From the Doctor’s Desk

Glycemic Index

We know instinctively that 100 calories of Blue Bell ice cream is going to affect our weight differently than 100 calories of lean chicken breast. The reason why is centered around the concept of glycemic index. Glycemic Index is an important medical concept in understanding how different foods affect our ability to gain and lose weight. Our body can only use sugar (glucose) as an energy source.
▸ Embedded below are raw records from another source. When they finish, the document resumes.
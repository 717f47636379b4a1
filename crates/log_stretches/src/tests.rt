use super::{Stayed, are_in_order};
use due_key::{Class, Due, Key, Moment, Offset};
use log_entries::Queue;

// Class, due date and ticket, the queue, and the positions at which the request joined and left the queue.
type Stay = (i64, i64, u64, Queue, usize, usize);

const HERE: Queue = Queue::Backend;

const THERE: Queue = Queue::Server(0);

static ROWS: [(&str, Stay, Stay, bool); 8] = [
    (
        "due earlier, left earlier",
        (0, 9, 1, HERE, 1, 6),
        (0, 5, 2, HERE, 2, 5),
        true,
    ),
    (
        "due earlier, left later",
        (0, 9, 1, HERE, 1, 5),
        (0, 5, 2, HERE, 2, 6),
        false,
    ),
    (
        "of a lower class, left later",
        (1, 5, 1, HERE, 1, 5),
        (0, 9, 2, HERE, 2, 6),
        false,
    ),
    (
        "of a higher class, left later",
        (0, 9, 1, HERE, 1, 5),
        (1, 5, 2, HERE, 2, 6),
        true,
    ),
    (
        "due together, the first one left later",
        (0, 5, 1, HERE, 1, 6),
        (0, 5, 2, HERE, 2, 5),
        false,
    ),
    (
        "one left as the other joined",
        (0, 9, 1, HERE, 1, 4),
        (0, 5, 2, HERE, 4, 6),
        true,
    ),
    (
        "they overlap by an entry",
        (0, 9, 1, HERE, 1, 5),
        (0, 5, 2, HERE, 4, 6),
        false,
    ),
    (
        "in two queues",
        (0, 9, 1, HERE, 1, 5),
        (0, 5, 2, THERE, 2, 6),
        true,
    ),
];

fn stayed(stay: Stay) -> Stayed {
    let (class, due, ticket, queue, joined, left) = stay;
    let key = Key {
        class: Class::clamp(class),
        due: Due::of(Moment::zero(), Offset::clamp(due)),
        ticket,
    };
    Stayed {
        key,
        queue,
        joined,
        left,
    }
}

#[test]
fn of_two_that_wait_together_the_smaller_key_leaves_first(rt: HostRuntime) {
    for &(name, one, other, answer) in &ROWS {
        let stays = [stayed(one), stayed(other)];
        assert_eq!(rt; are_in_order(&stays), answer, "{name}");
    }
    assert!(rt; are_in_order(&[]));
}
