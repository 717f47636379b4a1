// Tests of clients one after the other, with a row for the outcome of each. There are fewer places
// than rows, so each row shows that its place is free again.
ghost use Rattle.std.specs.Prelude.{◌≡◌, ◌<◌, ◌≤◌};
ghost use Rattle.locked_book.specs.Books.{terms_for};
ghost use Rattle.proxy_config.specs.Sound.{IsSoundConfig};

use super::fakes::{Fake, Few, Scene, Seen};
use super::scenes::{ANSWERED, BAD_GATEWAY, BAD_REQUEST, FORWARDED, UNAVAILABLE, plain};
use super::*;
use std::thread::Threads;

// One worker serves all clients of a scene; then the board is closed.
fn work<N: DeskName, R: Threads + Wait>(
    rt: &R,
    alloc: Global,
    opened: Opened,
    scene: Scene,
) -> Found
    requires named { opened.board ≡ N.board }
    requires terms { N.terms ≡ terms_for opened.core.setup }
    requires setup { N.setup ≡ opened.core.setup }
    requires sound { IsSoundConfig opened.config }
{
    let (proxy, keys, mut idle) = start::<N, _>(rt, alloc, opened);
    let seen = Seen::new(keys.wake);
    let gate = Fake::new(scene, &seen);
    let tally = work_with(rt, &proxy, &mut idle, gate, Few::new(100));
    Found {
        tally,
        seen,
        closing: close(proxy, idle),
    }
}

// Returns the outcome of a scene, with a log of this length.
fn play<R: Abort + Threads + Wait>(rt: &R, alloc: Global, log: usize, scene: Scene) -> Found
    requires log { (0 < log) × (log ≤ 262144) }
{
    let opened = open_text(rt, alloc, TWO_SLOTS, log);
    work::<Brand, _>(rt, alloc, opened, scene)
}

// Checks that a scene has this tally, its peers are sent this number of expected bytes and no
// others, and nothing is left on the board.
fn expect<R: Abort + Threads + Wait>(
    rt: &R,
    alloc: Global,
    scene: Scene,
    told: usize,
    tally: Tally,
) {
    let found = play(rt, alloc, 4096, scene);
    assert_eq!(rt; found.tally, Ok(tally));
    assert_eq!(rt; found.seen.right.load(Ordering::SeqCst), told as u64);
    assert_eq!(rt; found.seen.wrong.load(Ordering::SeqCst), 0);
    assert_eq!(rt; found.closing, Closing { left: 0 });
}

// Six clients, none of which got a whole answer.
const NOBODY: Tally = Tally {
    clients: 6,
    answered: 0,
    bad_requests: 0,
    bad_gateways: 0,
    unavailable: 0,
};

// Six clients, all of which were answered.
const EVERYBODY: Tally = Tally {
    answered: 6,
    ..NOBODY
};

#[test]
fn clients_are_answered(rt: HostRuntime) {
    let told = 6 * (FORWARDED.len() + ANSWERED.len());
    expect(&rt, rt.alloc(), plain(), told, EVERYBODY);
}

#[test]
fn a_bad_head_is_refused(rt: HostRuntime) {
    let scene = Scene {
        request: b"POST /a HTTP/1.1\r\nHost: h\r\nContent-Length: 3\r\nContent-Length: 4\r\n\r\nabcd",
        to_client: BAD_REQUEST,
        ..plain()
    };
    let tally = Tally {
        bad_requests: 6,
        ..NOBODY
    };
    expect(&rt, rt.alloc(), scene, 6 * BAD_REQUEST.len(), tally);
}

#[test]
fn a_server_fails_twice(rt: HostRuntime) {
    let scene = Scene {
        failing: 2,
        ..plain()
    };
    let told = 6 * (FORWARDED.len() + ANSWERED.len());
    expect(&rt, rt.alloc(), scene, told, EVERYBODY);
}

#[test]
fn a_server_is_never_there(rt: HostRuntime) {
    let scene = Scene {
        failing: 24,
        to_client: UNAVAILABLE,
        ..plain()
    };
    let tally = Tally {
        unavailable: 6,
        ..NOBODY
    };
    expect(&rt, rt.alloc(), scene, 6 * UNAVAILABLE.len(), tally);
}

#[test]
fn a_server_closes_before_a_head(rt: HostRuntime) {
    let scene = Scene {
        answer: b"HTTP/1.1 2",
        to_client: BAD_GATEWAY,
        ..plain()
    };
    let tally = Tally {
        bad_gateways: 6,
        ..NOBODY
    };
    let told = 6 * (FORWARDED.len() + BAD_GATEWAY.len());
    expect(&rt, rt.alloc(), scene, told, tally);
}

#[test]
fn a_server_closes_inside_a_body(rt: HostRuntime) {
    let scene = Scene {
        answer: b"HTTP/1.1 200 OK\r\nContent-Length: 2\r\n\r\na",
        ..plain()
    };
    let told = 6 * (FORWARDED.len() + ANSWERED.len() - 1);
    expect(&rt, rt.alloc(), scene, told, NOBODY);
}

#[test]
fn a_client_closes_inside_its_head(rt: HostRuntime) {
    let scene = Scene {
        request: b"GET / HTTP/1.1\r\nHost",
        ..plain()
    };
    expect(&rt, rt.alloc(), scene, 0, NOBODY);
}

#[test]
fn a_client_is_gone_while_served(rt: HostRuntime) {
    let scene = Scene {
        taken: 0,
        ..plain()
    };
    expect(&rt, rt.alloc(), scene, 6 * FORWARDED.len(), NOBODY);
}

// No client is asked whether it has left before its slot is offered.
#[test]
fn a_client_is_gone_once_its_slot_is_offered(rt: HostRuntime) {
    let scene = Scene {
        patience: 0,
        taken: 0,
        ..plain()
    };
    expect(&rt, rt.alloc(), scene, 6 * FORWARDED.len(), NOBODY);
}

#[test]
fn a_client_is_gone_once_it_is_told(rt: HostRuntime) {
    let scene = Scene {
        failing: 24,
        taken: 0,
        ..plain()
    };
    let tally = Tally {
        unavailable: 6,
        ..NOBODY
    };
    expect(&rt, rt.alloc(), scene, 0, tally);
}

#[test]
fn a_client_is_gone_after_a_byte(rt: HostRuntime) {
    let scene = Scene {
        taken: 1,
        ..plain()
    };
    expect(&rt, rt.alloc(), scene, 6 * (FORWARDED.len() + 1), NOBODY);
}

#[test]
fn windows_go_to_the_gate(rt: HostRuntime) {
    // Such a log has room for one event.
    let found = play(&rt, rt.alloc(), 16, plain());
    assert_eq!(rt; found.tally, Ok(EVERYBODY));
    // Each client after the first one begins a window when it comes, and each when it leaves.
    assert_eq!(rt; found.seen.windows.load(Ordering::SeqCst), 11);
    assert_eq!(rt; found.closing, Closing { left: 0 });
}
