// Tests of workers side by side.
ghost use Rattle.std.specs.Prelude.{◌≡◌};
ghost use Rattle.locked_book.specs.Books.{terms_for};
ghost use Rattle.proxy_config.specs.Sound.{IsSoundConfig};

use super::fakes::{Fake, Few, Scene, Seen};
use super::scenes::{ANSWERED, FORWARDED, plain};
use super::*;
use relay_workers::serve;
use std::thread::Threads;

// Two workers serve one client each; the first one's server answers only once the second one's has.
fn serve_two<N: DeskName + Send + Sync, R: Abort + Threads + Wait + Sync>(
    rt: &R,
    alloc: Global,
    opened: Opened,
) -> Found
    requires named { opened.board ≡ N.board }
    requires terms { N.terms ≡ terms_for opened.core.setup }
    requires setup { N.setup ≡ opened.core.setup }
    requires sound { IsSoundConfig opened.config }
{
    let (proxy, keys, idle) = start::<N, _>(rt, alloc, opened);
    let seen = Seen::new(keys.wake);
    let one = Scene {
        clients: 1,
        ..plain()
    };
    let waits = Scene {
        answers_after: 1,
        ..one
    };
    let crew = vec![in alloc;
        (Fake::new(waits, &seen), Few::new(10_000)),
        (Fake::new(one, &seen), Few::new(10_000)),
    ]
    .expect(rt, "memory");
    let checks = (Fake::new(one, &seen), Few::new(0));
    let (relay, tally, _) = serve(rt, &proxy, idle.seat(), crew, checks);
    let turned = proxy.turn(rt, &mut Fake::new(one, &seen)).is_ok();
    assert!(rt; turned);
    Found {
        tally,
        seen,
        closing: close(proxy, Idle::new(relay)),
    }
}

#[test]
fn an_answer_waits_for_another_workers(rt: HostRuntime) {
    let alloc = rt.alloc();
    let opened = open_text(&rt, alloc, TWO_SLOTS, 4096);
    let found = serve_two::<Brand, _>(&rt, alloc, opened);
    let both = Tally {
        clients: 2,
        answered: 2,
        ..Tally::zero()
    };
    assert_eq!(rt; found.tally, Ok(both));
    let told = 2 * (FORWARDED.len() + ANSWERED.len());
    assert_eq!(rt; found.seen.right.load(Ordering::SeqCst), told as u64);
    assert_eq!(rt; found.seen.wrong.load(Ordering::SeqCst), 0);
    assert_eq!(rt; found.closing, Closing { left: 0 });
}
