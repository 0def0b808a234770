//! A configuration as rulesets for pfctl(8).

ghost use Rattle.std.specs.Prelude.{◌≡◌, true, IfOk, IfSome, IfNone, map};
ghost use Rattle.pf_dump.specs.Done.{text_done, texts_done, AreDoneTo};
ghost use Rattle.pf_dump.specs.Written.{texts_of};
ghost use Rattle.pf_dump.specs.inner.Seen.{IsDone};
ghost use Rattle.pf_dump.specs.Texts.{is_anchor, text_paths, after_text, after_texts, GivenBy};
ghost use Rattle.pf_rules.specs.Names.{is_path_name};
ghost use Rattle.std.specs.List.{list_all};
ghost use Rattle.pf_dump.specs.Seen.{text_of};

use crate::Made;
use crate::same::is_same;
use crate::text::push_text;
use pf_command::place_at;
use pf_config::{Config, ConfigFault, copied_path};
use pf_grammar::{ParseFault, Profile, parse};
use pf_rules::{Name, Path};
use std::alloc::{AllocError, Global};

/// The text of a path, as `pfctl -a PATH -f -` reads it.
#[derive(Drop)]
pub struct PathText<'c> {
    /// The path; main's has no names.
    pub path: &'c [Name],
    /// The text.
    pub text: String,
}

/// Whether a command may name it in a path: it isn't an unnamed block's.
fn is_path_name(name: &Name) -> bool
    ensures { result ≡ is_path_name name.now }
{
    let _form = name.as_bytes();
    !name.is_unnamed()
}

/// Whether a command may name each.
fn are_path_names(names: &[Name]) -> bool
    ensures { result ≡ list_all is_path_name names.now }
{
    names.iter().all(is_path_name)
}

/// Whether it is an anchor's path that a command may name.
fn is_anchor(path: &[Name]) -> bool
    ensures { result ≡ is_anchor path.now }
{
    !path.is_empty() && are_path_names(path)
}

/// The paths that a command may load: main, which comes last, and those with rules or tables that aren't below an
/// unnamed block, in byte order. Main is left out where nothing is there and no interface is skipped.
pub fn text_paths(alloc: Global, config: &Config) -> Result<Vec<&[Name]>, AllocError>
    ensures { IfOk result (λ v. map (λ p. p.now) v.items ≡ text_paths config.now) }
{
    let mut found = Vec::new(alloc);
    let mut has_main = !config.skip().is_empty();
    let paths = config.paths()?;
    for path in &paths {
        let path: &[Name] = path;
        has_main = has_main || path.is_empty();
        if is_anchor(path) {
            found.push(path)?;
        }
    }
    if has_main {
        let main: &[Name] = &[];
        found.push(main)?;
    }
    Ok(found)
}

/// Loads a ruleset at a path; false where it is refused.
#[tactic(auto, unfolding(pf_command::specs::Effect::effect))]
fn load_text(alloc: Global, config: &mut Config, path: &[Name], text: &[u8]) -> Made<bool>
    ensures after { IfOk result (λ b. b ≡ true →
        config.new ≡ after_text config.old (record { path = path.now; text = text.now })) }
    ensures done { IfOk result (λ b. IsDone
        (text_done config.old (record { path = path.now; text = text.now })) b config.new) }
{
    let Some(named) = Path::new(copied_path(alloc, path)?) else {
        return Ok(false);
    };
    match parse(alloc, text, place_at(path), Profile::Two) {
        Ok(rules) => match config.load(&named, rules) {
            Ok(()) => Ok(true),
            Err(ConfigFault::Memory) => Err(AllocError),
            Err(_) => Ok(false),
        },
        Err(ParseFault::Memory) => Err(AllocError),
        Err(_) => Ok(false),
    }
}

/// The configuration that rulesets make of an empty one, in their order; none where one is refused.
#[tactic(auto, unfolding(crate::specs::Done::texts_done))]
fn loaded(alloc: Global, texts: &[PathText<'_>]) -> Made<Option<Config>>
    ensures after { IfOk result (λ o. IfSome o (λ c. c ≡ after_texts (map text_of texts.now))) }
    ensures done { IfOk result (λ o. o ≡ texts_done (map text_of texts.now)) }
{
    let mut config = Config::new(alloc)?;
    for text in texts {
        if !load_text(alloc, &mut config, text.path, text.text.as_bytes())? {
            return Ok(None);
        }
    }
    Ok(Some(config))
}

/// The rulesets of a configuration, before they are tried.
fn written(alloc: Global, config: &Config) -> Made<Vec<PathText<'_>>>
    ensures { IfOk result (λ ts. map text_of ts.items ≡ texts_of config.now) }
{
    let mut texts = Vec::new(alloc);
    let paths = text_paths(alloc, config)?;
    for path in &paths {
        let mut text = String::new(alloc);
        push_text(&mut text, config, path, true)?;
        texts.push(PathText { path, text })?;
    }
    Ok(texts)
}

/// A configuration as rulesets for pfctl(8), one for each path that a command may load, main's last: loaded one after
/// the other into an empty configuration they give this one. None exactly where they don't.
#[tactic(auto, using(crate::proofs::Rules::paths_are))]
pub fn texts(alloc: Global, config: &Config) -> Result<Option<Vec<PathText<'_>>>, AllocError>
    ensures paths { IfOk result (λ o. IfSome o (λ ts. map (λ t. t.path.now) ts.items ≡ text_paths config.now)) }
    ensures given { IfOk result (λ o. IfSome o (λ ts. GivenBy (map text_of ts.items) config.now)) }
    ensures done { IfOk result (λ o. IfSome o (λ ts. AreDoneTo (map text_of ts.items) config.now)) }
    ensures texts { IfOk result (λ o. IfSome o (λ ts. map text_of ts.items ≡ texts_of config.now)) }
    ensures none { IfOk result (λ o. IfNone o (AreDoneTo (texts_of config.now) config.now → ⊥)) }
{
    let texts = written(alloc, config)?;
    let Some(made) = loaded(alloc, &texts)? else {
        return Ok(None);
    };
    let is_good = is_same(alloc, &made, config)?;
    Ok(is_good.then_some(texts))
}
Everything we eat must become sugar in our bloodstream in order for our bodies to use it for energy. Simply put, glycemic index is a relative scale of how fast the food we eat becomes sugar in our bloodstream. “High” glycemic index foods such as sugary soft drinks and ice cream cause blood sugar levels to rise rapidly. On the other end of the spectrum, proteins (animal and vegetable) are “low” glycemic index foods. It takes time and energy for our body to convert the protein we eat into sugar in the bloodstream – a process called gluconeogenesis. The slower a food becomes sugar in our bloodstream – lower glycemic index – the longer our body has to use that sugar for current energy needs. The faster a food becomes sugar in our bloodstream – higher glycemic index – the more likely our body will simply store those calories as fat. This storage process happens rapidly, which explains why such foods are rarely satisfying- we are hungry again in no time. So, always try to center your meals and snacks around lower glycemic index foods.